▶ **Exercise goal**
For the word "OnOk", state how many lines of the records include it, with no other text.

▶ **Listed entries**
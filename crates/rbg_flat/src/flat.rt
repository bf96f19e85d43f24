//! A flat part that is being found, by sets of vertices.
ghost use Rattle.std.specs.Prelude.{◌≡◌, ◌≢◌, ℕ, ◌+◌, ◌*◌, ◌/◌, ◌<◌, ◌≤◌, ◌↔◌, ◌⊎◌, ◌^◌, length, IfOk, IfErr, IfSome, IfNone, OnOk, IsTrue, false};
ghost use Rattle.rbg_board.specs.Graph.{next};
ghost use Rattle.rbg_rules.specs.Meaning.{shift, HasAction, IsGame, IsStart, IsNumbered, IsPatternAt, positions_of, AbstractGame, AbstractState, IsStateOf, Start};
ghost use Rattle.rbg_shifts.specs.Leaps.{IsShiftAt};
ghost use Rattle.rbg_shifts.specs.Made.{AreLeapsOf};
ghost use Rattle.rbg_shifts.specs.Origin.{start_of};
ghost use Rattle.rbg_flat.specs.Candidates.{MayEnd};
ghost use Rattle.rbg_flat.specs.Chains.{Holds};
ghost use Rattle.rbg_flat.specs.Paths.{ArePathsOf, Stays, way_of};
ghost use Rattle.rbg_flat.specs.Ways.{Way, leaping, stepping, IsFirstLead, EndsFirst, IsLead, EndsLead};
ghost use Rattle.rbg_flat.specs.Found.{AreFound, HasPairs, most_candidates};
ghost use Rattle.rbg_flat.specs.Met.{CountsMet};
ghost use Rattle.rbg_flat.specs.internal.Begun.{IsBegun};
ghost use Rattle.rbg_flat.specs.internal.Sets.{IsInWord, IsMarked, IsOpen, IsDone, KeepsDone, WaitsLast, weight};
ghost use Rattle.rbg_flat.specs.internal.Places.{IsLatest, IsSomeOpen};
ghost use Rattle.std.specs.Int.{bit_at};
ghost use Rattle.rbg_flat.specs.internal.Leading.{AreSizedFor, AreOn, IsOnBoard, IsPositionIn, LeadsFrom, EndsFrom};
ghost use Rattle.rbg_flat.specs.internal.Shown.{direction_in};
ghost use Rattle.rbg_flat.specs.internal.Setting.{AreReady, HasBegun, LeadsOn, way_in};

use crate::found::Modifiers;
use crate::gathering::{count_place, gather_place, keeps};
use crate::leading::{meet_bits, meet_targets};
use crate::passing::held;
use crate::paths::{Kind, Paths};
use crate::sets::Sets;
use crate::setting::Setting;
use crate::words::{RowWord, lowest, unit_word, without};
use rbg_base::{Direction, Memory, Pair, Position, Vertex};
use rbg_rules::{Action, Game};
use rbg_shifts::{Leaps, Origin};
use rbg_state::SemiState;
use std::alloc::Global;
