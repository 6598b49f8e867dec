//! How a time table is made and read.
ghost use Rattle.std.specs.Prelude.{◌≡◌, true, false, MatchOption};
ghost use Rattle.board.specs.Pairs.{lawful, no_work};
ghost use Rattle.board.specs.Tables.{table_pairs};

use crate::tables::TimeTable;
use analysis::Pair;

/// Whether the pairs make a time table.
fn is_lawful(pairs: &[Pair]) -> bool
    ensures { result ≡ lawful pairs.now }
{
    if pairs.len() == 0 || pairs.len() > 16 {
        return false;
    }
    let mut low: u16 = 0;
    let mut sum: u32 = 0;
    for p in pairs {
        if (p.time as u16) < low || p.weight == 0 {
            return false;
        }
        low = p.time as u16 + 1;
        sum += p.weight as u32;
    }
    sum <= 65535
}

impl TimeTable {
    /// The table of the pairs, where they make one.
    pub fn new(pairs: &[Pair]) -> Option<TimeTable>
        ensures { MatchOption result (lawful pairs.now ≡ false) (λ t. (lawful pairs.now ≡ true) × (table_pairs t ≡ pairs.now)) }
    {
        if !is_lawful(pairs) {
            return None;
        }
        let mut held = [Pair { time: 0, weight: 0 }; 16];
        held[..pairs.len()].copy_from_slice(pairs);
        Some(TimeTable {
            held,
            len: pairs.len() as u8,
        })
    }

    /// The table of no work: time 0 with weight 1.
    pub fn no_work() -> TimeTable
        ensures { table_pairs result ≡ no_work }
    {
        TimeTable {
            held: [Pair { time: 0, weight: 1 }; 16],
            len: 1,
        }
    }

    /// The pairs of the table.
    pub fn pairs(&self) -> &[Pair]
        ensures { result.now ≡ table_pairs self.now }
    {
        &self.held[0..self.len as usize]
    }
}
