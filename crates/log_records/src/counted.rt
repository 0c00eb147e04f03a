use dirty_page_table::DirtyPageTable;

// What a pass over a log keeps of its records: the number after them, how many are commands, and the last checkpoint's table.
#[derive(Drop)]
pub struct Counted {
    pub next: u64,
    pub commands: u64,
    pub last: Option<DirtyPageTable>,
}
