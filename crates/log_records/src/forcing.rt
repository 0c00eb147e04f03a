// All records that wait become stable, or none.
ghost use Rattle.std.specs.Prelude.{◌≡◌, [], ◌++◌, List, OnOk, OnErr, IsErr};
ghost use Rattle.disk_model.specs.Disk.{Rises, Runs, LeavesOnly, In, Any, Same, IsSettled};
ghost use Rattle.formats.specs.declared.record.Record.{Record};
ghost use Rattle.log_blocks.specs.LogView.{used_of};
ghost use Rattle.log_records.specs.RecordLog.{Keeps, IsForcedPartly};

use crate::RecordLog;
use disk_model::{Failed, Machine};
use oper_core::Oper;

impl<O: Oper> RecordLog<O> {
    /// Makes the records that wait stable. Where none waits, no call is made. At `Err`, load the log again.
    pub fn force<M: Machine>(&mut self, m: &mut M) -> Result<(), Failed>
        ensures runs { Runs (In self.old.log.active Any) Same (M.disk m.old) (M.disk m.new) }

        // A crash at any moment of the call leaves the stable records, or all.
        ensures any_moment { (M.disk m.old).tells_moments → (stable pending : List (Record O)) → Keeps (O.meaning self.old.bounds) (M.disk m.old) self.old stable pending
            → LeavesOnly (M.disk m.old) (M.disk m.new) (IsForcedPartly (O.meaning self.old.bounds) (M.disk m.old) self.old stable pending) }

        ensures acknowledged { (M.disk m.old).tells_files → (stable pending : List (Record O)) → Keeps (O.meaning self.old.bounds) (M.disk m.old) self.old stable pending
            → OnOk result (Keeps (O.meaning self.old.bounds) (M.disk m.new) self.new (stable ++ pending) []) }

        ensures settled { IsSettled (M.disk m.old) → OnOk result (IsSettled (M.disk m.new)) }
        ensures forced { OnOk result (self.new ≡ record self.old {
          log = record self.old.log { end = used_of self.old.log; pending = []; room = self.new.log.room };
          forced = self.old.accepted;
        }) }
        ensures kept { OnErr result (self.new ≡ self.old) }
        ensures idle { self.old.log.pending ≡ [] → m.new ≡ m.old }
        ensures cause { IsErr result → Rises (M.disk m.old).disk_faults (M.disk m.new).disk_faults }
    {
        self.log.force(m)?;
        self.forced = self.accepted;
        Ok(())
    }
}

▶ **Result of the task**
5